Unfortunately, for examples where the function we write doesn’t exactly match the structure as the type family we write, this won’t work. And sometimes, the structural properties might get in the way of what we are trying to prove/produce. An example here would be a snoc function (cons to the end of a list). If you try writing it, you’ll see that the structure of Nat and Vec fight back against you pretty hard. So, exploiting structure isn’t universally useful, but it definitely helps in many situations! Handling tricky cases like this is a subject for a whole other blog post.

Indexing

To index our previous type, we used some abstract Finite type, where Finite n conveniently represented the type of all possible indices to a Vec n a. We can do something similar, inductively, as well:

-- source: https://github.com/mstksg/inCode/tree/master/code-samples/fixvec-2/VecInductive.hs#L63-67
data Fin :: Nat -> Type where
    FZ :: Fin ('S n)
    FS :: Fin n -> Fin ('S n)

deriving instance Show (Fin n)

I always thought of this inductive definition of Fin as a cute trick, because I don’t think there was any way I could have thought of it on my own. But if you play around it enough, you might be able to convince yourself that there are exactly n inhabitants of Fin n.

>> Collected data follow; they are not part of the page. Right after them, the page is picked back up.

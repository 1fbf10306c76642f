// A shelf in memory.
ghost use Rattle.std.specs.Prelude.{◌≡◌, ◌≢◌, ◌≤◌, ◌<◌, ℕ, IsTrue, IsFalse, length, OnOk, IfOk, IfErr, Some, Err};
ghost use Rattle.vx_model.specs.declared.errors.Stop.TheVariants.{No as Refused};
ghost use Rattle.vx_model.specs.declared.no.Counted.TheVariants.{Disks, Blocks};
ghost use Rattle.vx_model.specs.declared.no.No.TheVariants.{Limit};
ghost use Rattle.vx_disk.specs.Causes.{Calls, Cause, CountsOnly, Names, OnDisks, WithDisks, Works};
ghost use Rattle.vx_disk.specs.Disks.{Burns, Crashed, SameBlocks, Untouched};
ghost use Rattle.vx_disk.specs.Meanings.{disks_in, meaning_in, shelf_meaning};
ghost use Rattle.vx_disk.specs.Memory.{failing_of, meaning-IsRack, meaning-Lawful};
ghost use Rattle.vx_disk.specs.Moments.{moments_of};
ghost use Rattle.vx_disk.specs.Plans.{Numbered, is_made_to_fail};
ghost use Rattle.vx_disk.specs.Racks.{Alike, Bare, Fitted, FitStops, Stopped, Telling, Unfitted, most_blocks};
ghost use Rattle.vx_disk.specs.Shelf.{DisksFlushed, DisksWrote, Fits, Flushed, Goes, Nothing, Read, Written, Wrote};

use crate::disks::MemDisks;
use crate::{FaultPlan, Rack, Shelf, ShelfError, too_many};
use std::alloc::Global;
use vx_model::limits::{LEAST_BLOCKS, MOST_DISKS, MOST_FILE_BLOCKS, MOST_MEMORY_BLOCKS};
use vx_model::{Counted, OutOfMemory, Stop};

/// A shelf in memory, which tells its contents.
///
/// Its reads, writes and flushes are numbered from 1. A call fails exactly where its number is listed or its disk is made to
/// fail. A call that is answered with `Down` has no number.
#[derive(Drop)]
pub struct MemShelf {
    disks: MemDisks,
    /// The number of calls made, and of those that are to fail.
    pub plan: FaultPlan,
}

impl MemShelf {
    /// One that is not fitted, whose calls of these numbers fail.
    pub fn new(alloc: Global, fails: &[u64]) -> Result<MemShelf, OutOfMemory>
        ensures bare { IfOk result (λ m. Bare (⟦<MemShelf as Shelf>⟧.meaning m)) }
        ensures none_made { IfOk result (λ m. m.plan.made ≡ 0) }
        ensures fails { IfOk result (λ m. m.plan.fails ≡ fails.now) }
    {
        let plan = FaultPlan::new(alloc, fails)?;
        Ok(MemShelf {
            disks: MemDisks::new(alloc),
            plan,
        })
    }

    // Counts a call on a unit, which fails if it is listed or the unit is made to fail.
    fn count(&mut self, unit: u32) -> Result<(), ShelfError>
        requires unit { unit < length self.old.disks.units.items }
        requires up { IsFalse self.old.disks.down }
        ensures goes { Goes Nothing (meaning_in self.old.disks) (meaning_in self.new.disks) }
        ensures cause { Cause (meaning_in self.old.disks) (meaning_in self.new.disks) unit result }
        ensures counts { CountsOnly unit result (meaning_in self.old.disks).faults (meaning_in self.new.disks).faults }
        ensures names { Names (Some (disks_in self.old.disks)) unit result }
        ensures blocks { SameBlocks (disks_in self.old.disks) (disks_in self.new.disks) }
        ensures failing { (u : ℕ) → failing_of self.new.disks.units.items u ≡ failing_of self.old.disks.units.items u }
        ensures fuse { self.new.disks.fuse ≡ self.old.disks.fuse }
        ensures down { self.new.disks.down ≡ self.old.disks.down }
        ensures numbered { Numbered self.old.plan self.new.plan (failing_of self.old.disks.units.items unit) result }
    {
        let listed = self.plan.next();
        if listed || self.disks.units[unit as usize].failing {
            self.disks.fault(unit);
            return Err(ShelfError::Fault { disk: unit });
        }
        Ok(())
    }

    // What comes before a write or a flush.
    fn begin(&mut self, unit: u32) -> Result<(), ShelfError>
        requires unit { unit < length self.old.disks.units.items }
        ensures goes { Goes Nothing (meaning_in self.old.disks) (meaning_in self.new.disks) }
        ensures cause { Cause (meaning_in self.old.disks) (meaning_in self.new.disks) unit result }
        ensures names { Names (Some (disks_in self.old.disks)) unit result }
        ensures calls { Calls (meaning_in self.old.disks) SameBlocks (disks_in self.old.disks) (disks_in self.new.disks) result }
        ensures failing { (u : ℕ) → failing_of self.new.disks.units.items u ≡ failing_of self.old.disks.units.items u }
        ensures numbered { Numbered self.old.plan self.new.plan (failing_of self.old.disks.units.items unit) result }
    {
        if !self.disks.pass() {
            return Err(ShelfError::Down);
        }
        self.count(unit)
    }
}

impl Shelf for MemShelf {
    ghost meaning = { shelf_meaning };

    ghost lawful = { λ m. meaning-Lawful m.disks.units.items (moments_of m.disks.past.value) m.disks.down m.disks.fuse m.disks.few };

    fn units(&self) -> u32 {
        self.disks.units.len() as u32
    }

    fn size(&self, unit: u32) -> u64 {
        self.disks.units[unit as usize].blocks()
    }

    fn read(&mut self, unit: u32, block: u64, into: &mut [u8]) -> Result<(), ShelfError>
        requires { Fits (⟦<MemShelf as Shelf>⟧.meaning self.old) unit block (length into.old) }
        ensures goes { Goes Nothing (⟦<MemShelf as Shelf>⟧.meaning self.old) (⟦<MemShelf as Shelf>⟧.meaning self.new) }
        ensures ok { OnOk result (Read (⟦<MemShelf as Shelf>⟧.meaning self.old) unit block into.new) }
        ensures down { (⟦<MemShelf as Shelf>⟧.meaning self.new).down ≡ (⟦<MemShelf as Shelf>⟧.meaning self.old).down }
        ensures cause { Cause (⟦<MemShelf as Shelf>⟧.meaning self.old) (⟦<MemShelf as Shelf>⟧.meaning self.new) unit result }
        ensures counts { CountsOnly unit result (⟦<MemShelf as Shelf>⟧.meaning self.old).faults (⟦<MemShelf as Shelf>⟧.meaning self.new).faults }
        ensures names { Names (⟦<MemShelf as Shelf>⟧.meaning self.old).disks unit result }
        ensures works { OnOk result (Works (⟦<MemShelf as Shelf>⟧.meaning self.old).disks unit) }
        ensures disks { OnDisks (⟦<MemShelf as Shelf>⟧.meaning self.old).disks (⟦<MemShelf as Shelf>⟧.meaning self.new).disks Untouched }
        ensures numbered { Numbered self.old.plan self.new.plan (is_made_to_fail (⟦<MemShelf as Shelf>⟧.meaning self.old).disks unit) result }
    {
        if self.disks.down {
            return Err(ShelfError::Down);
        }
        self.count(unit)?;
        self.disks.read(unit, block, into);
        Ok(())
    }

    fn write(&mut self, unit: u32, block: u64, bytes: &[u8]) -> Result<(), ShelfError>
        requires { Fits (⟦<MemShelf as Shelf>⟧.meaning self.old) unit block (length bytes.now) }
        ensures goes { Goes (Written unit block bytes.now) (⟦<MemShelf as Shelf>⟧.meaning self.old) (⟦<MemShelf as Shelf>⟧.meaning self.new) }
        ensures ok { OnOk result (Wrote unit block bytes.now (⟦<MemShelf as Shelf>⟧.meaning self.old) (⟦<MemShelf as Shelf>⟧.meaning self.new)) }
        ensures cause { Cause (⟦<MemShelf as Shelf>⟧.meaning self.old) (⟦<MemShelf as Shelf>⟧.meaning self.new) unit result }
        ensures names { Names (⟦<MemShelf as Shelf>⟧.meaning self.old).disks unit result }
        ensures works { OnOk result (Works (⟦<MemShelf as Shelf>⟧.meaning self.old).disks unit) }
        ensures disks { OnDisks (⟦<MemShelf as Shelf>⟧.meaning self.old).disks (⟦<MemShelf as Shelf>⟧.meaning self.new).disks (λ o n. Calls (⟦<MemShelf as Shelf>⟧.meaning self.old) (DisksWrote unit block bytes.now) o n result) }
        ensures numbered { Numbered self.old.plan self.new.plan (is_made_to_fail (⟦<MemShelf as Shelf>⟧.meaning self.old).disks unit) result }
    {
        self.begin(unit)?;
        self.disks.write(unit, block, bytes);
        Ok(())
    }

    fn flush(&mut self, unit: u32) -> Result<(), ShelfError>
        requires { unit < (⟦<MemShelf as Shelf>⟧.meaning self.old).units }
        ensures goes { Goes Nothing (⟦<MemShelf as Shelf>⟧.meaning self.old) (⟦<MemShelf as Shelf>⟧.meaning self.new) }
        ensures ok { OnOk result (Flushed unit (⟦<MemShelf as Shelf>⟧.meaning self.old) (⟦<MemShelf as Shelf>⟧.meaning self.new)) }
        ensures cause { Cause (⟦<MemShelf as Shelf>⟧.meaning self.old) (⟦<MemShelf as Shelf>⟧.meaning self.new) unit result }
        ensures names { Names (⟦<MemShelf as Shelf>⟧.meaning self.old).disks unit result }
        ensures works { OnOk result (Works (⟦<MemShelf as Shelf>⟧.meaning self.old).disks unit) }
        ensures disks { OnDisks (⟦<MemShelf as Shelf>⟧.meaning self.old).disks (⟦<MemShelf as Shelf>⟧.meaning self.new).disks (λ o n. Calls (⟦<MemShelf as Shelf>⟧.meaning self.old) (DisksFlushed unit) o n result) }
        ensures numbered { Numbered self.old.plan self.new.plan (is_made_to_fail (⟦<MemShelf as Shelf>⟧.meaning self.old).disks unit) result }
    {
        self.begin(unit)?;
        self.disks.flush(unit);
        Ok(())
    }

    fn faults(&self, unit: u32) -> u64 {
        self.disks.units[unit as usize].faults
    }

    fn is_down(&self) -> bool {
        self.disks.down
    }
}

impl Rack for MemShelf {
    ghost rack = { λ m. meaning-IsRack m.disks.units.items (moments_of m.disks.past.value) m.disks.down m.disks.fuse m.disks.at_rest };

    fn fit(
        &mut self,
        alloc: Global,
        dir: Option<&str>,
        _site: u32,
        disks: u32,
        blocks: u64,
    ) -> Result<(), Stop>
        requires unfitted { (⟦<MemShelf as Shelf>⟧.meaning self.old).units ≡ 0 }
        requires some_disks { 1 ≤ disks }
        requires some_blocks { LEAST_BLOCKS ≤ blocks }
        requires up { IsFalse (⟦<MemShelf as Shelf>⟧.meaning self.old).down }
        ensures fitted { OnOk result (Fitted disks blocks (⟦<MemShelf as Shelf>⟧.meaning self.old) (⟦<MemShelf as Shelf>⟧.meaning self.new)) }
        ensures tells { Telling dir.entry (⟦<MemShelf as Shelf>⟧.meaning self.old) (⟦<MemShelf as Shelf>⟧.meaning self.new) }
        ensures many_disks { MOST_DISKS < disks → result ≡ Err (Refused (Limit Disks MOST_DISKS)) }
        ensures many_blocks { disks ≤ MOST_DISKS → most_blocks dir.entry < blocks → result ≡ Err (Refused (Limit Blocks (most_blocks dir.entry))) }
        ensures stops { disks ≤ MOST_DISKS → blocks ≤ most_blocks dir.entry → IfErr result (FitStops disks (⟦<MemShelf as Shelf>⟧.meaning self.old) (⟦<MemShelf as Shelf>⟧.meaning self.new)) }
        ensures unchanged { IfErr result (Unfitted (⟦<MemShelf as Shelf>⟧.meaning self.old) (⟦<MemShelf as Shelf>⟧.meaning self.new)) }
        ensures still_tells { (⟦<MemShelf as Shelf>⟧.meaning self.new).tells ≡ (⟦<MemShelf as Shelf>⟧.meaning self.old).tells }
        ensures plan { self.new.plan ≡ self.old.plan }
    {
        if disks > MOST_DISKS {
            return Err(too_many(Counted::Disks, u64::from(MOST_DISKS)));
        }
        let most = limit(dir);
        if blocks > most {
            return Err(too_many(Counted::Blocks, most));
        }
        self.disks.fit(alloc, disks, blocks as usize)
    }

    fn crash(&mut self, pick: u64)
        ensures stopped { Stopped (⟦<MemShelf as Shelf>⟧.meaning self.old) (⟦<MemShelf as Shelf>⟧.meaning self.new) }
        ensures disks { OnDisks (⟦<MemShelf as Shelf>⟧.meaning self.old).disks (⟦<MemShelf as Shelf>⟧.meaning self.new).disks (Crashed (⟦<MemShelf as Shelf>⟧.meaning self.old).size pick) }
        ensures plan { self.new.plan ≡ self.old.plan }
    {
        self.disks.stop(pick);
    }

    fn fuse(&mut self, calls: u64, pick: u64)
        ensures alike { Alike (⟦<MemShelf as Shelf>⟧.meaning self.old) (⟦<MemShelf as Shelf>⟧.meaning self.new) }
        ensures down { (⟦<MemShelf as Shelf>⟧.meaning self.new).down ≡ (⟦<MemShelf as Shelf>⟧.meaning self.old).down }
        ensures armed { IsTrue (⟦<MemShelf as Shelf>⟧.meaning self.new).armed }
        ensures disks { OnDisks (⟦<MemShelf as Shelf>⟧.meaning self.old).disks (⟦<MemShelf as Shelf>⟧.meaning self.new).disks (λ o n. SameBlocks o n × (n.fuse ≡ Some (calls, pick))) }
        ensures plan { self.new.plan ≡ self.old.plan }
    {
        self.disks.set_fuse(calls, pick);
    }

    fn fail(&mut self, disk: u32, on: bool)
        requires { disk < (⟦<MemShelf as Shelf>⟧.meaning self.old).units }
        ensures goes { Goes Nothing (⟦<MemShelf as Shelf>⟧.meaning self.old) (⟦<MemShelf as Shelf>⟧.meaning self.new) }
        ensures alike { Alike (⟦<MemShelf as Shelf>⟧.meaning self.old) (⟦<MemShelf as Shelf>⟧.meaning self.new) }
        ensures down { (⟦<MemShelf as Shelf>⟧.meaning self.new).down ≡ (⟦<MemShelf as Shelf>⟧.meaning self.old).down }
        ensures armed { (⟦<MemShelf as Shelf>⟧.meaning self.new).armed ≡ (⟦<MemShelf as Shelf>⟧.meaning self.old).armed }
        ensures disks { WithDisks (⟦<MemShelf as Shelf>⟧.meaning self.old).disks (⟦<MemShelf as Shelf>⟧.meaning self.new).disks (λ o n. Untouched o n × (n.failing disk ≡ on) × ((u : ℕ) → u ≢ disk → n.failing u ≡ o.failing u)) }
        ensures plan { self.new.plan ≡ self.old.plan }
    {
        self.disks.make_fail(disk, on);
    }

    fn revive(&mut self)
        requires { IsTrue (⟦<MemShelf as Shelf>⟧.meaning self.old).down }
        ensures alike { Alike (⟦<MemShelf as Shelf>⟧.meaning self.old) (⟦<MemShelf as Shelf>⟧.meaning self.new) }
        ensures up { IsFalse (⟦<MemShelf as Shelf>⟧.meaning self.new).down }
        ensures armed { (⟦<MemShelf as Shelf>⟧.meaning self.new).armed ≡ (⟦<MemShelf as Shelf>⟧.meaning self.old).armed }
        ensures disks { OnDisks (⟦<MemShelf as Shelf>⟧.meaning self.old).disks (⟦<MemShelf as Shelf>⟧.meaning self.new).disks Untouched }
        ensures plan { self.new.plan ≡ self.old.plan }
    {
        self.disks.revive();
    }
}

// The greatest number of blocks of a disk: fewer in memory than in the files of a folder.
fn limit(dir: Option<&str>) -> u64
    ensures { result ≡ most_blocks dir.entry }
{
    match dir {
        None => MOST_MEMORY_BLOCKS,
        Some(_) => MOST_FILE_BLOCKS,
    }
}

For example, for Fin ('S 'Z) (indices for a one-item vector), there should be only one inhabitant. And there is! It’s FZ. FS FZ is not a valid inhabitant, because it has type Fin ('S ('S m)) for some m, so cannot possibly have the type Fin ('S 'Z).

Let’s see the inhabitants of Fin ('S ('S ('S 'Z))) (indices for three-item vectors):

ghci> FZ              :: Fin ('S ('S ('S 'Z)))
FZ
ghci> FS FZ           :: Fin ('S ('S ('S 'Z)))
FS FZ
ghci> FS (FS FZ)      :: Fin ('S ('S ('S 'Z)))
FS (FS FZ)
ghci> FS (FS (FS FZ)) :: Fin ('S ('S ('S 'Z)))
TYPE ERROR!  TYPE ERROR!  TYPE ERROR!

As GHC informs us, FS (FS (FS FZ)) is not an inhabitant of Fin ('S ('S ('S 'Z))), which is exactly the behavior we wanted. This is because FS (FS (FS FZ)) has type Fin ('S ('S ('S ('S m)))) for some m, and this can’t fit Fin ('S ('S ('S 'Z))).

Also, note that there are no inhabitants of Fin 'Z. There is no constructor or combination of constructors that can yield a value of that type.

Armed with this handy Fin type, we can do structural type-safe indexing:

-- source: https://github.com/mstksg/inCode/tree/master/code-samples/fixvec-2/VecInductive.hs#L69-74
index :: Fin n -> Vec n a -> a
index = \case
    FZ -> \case
      x :+ _ -> x
    FS i -> \case
      _ :+ xs -> index i xs

Note that our Fin type structurally precludes us from being able to index into a Vec 'Z a (an empty vector), because to do that, we would have to pass in a Fin 'Z…but there is no such value with that type!

Generating

Now, generating these requires some more thought. Naively writing a replicate :: a -> Vec n a is not possible; ideally, we’d want to “pattern match” on our length n, and use VNil if it’s 'Z, etc.

However, we can’t pattern match on types in Haskell, because types are erased at runtime. They’re just used by the compiler to verify your code, but they don’t exist at runtime. So, you can’t just say “do this if n is 'Z, otherwise do this”.

Recall that, in our previous vector type, we needed to use a KnownNat n constraint to be able to reflect a n type down to the value level. We can do something similar using the singletons machinery!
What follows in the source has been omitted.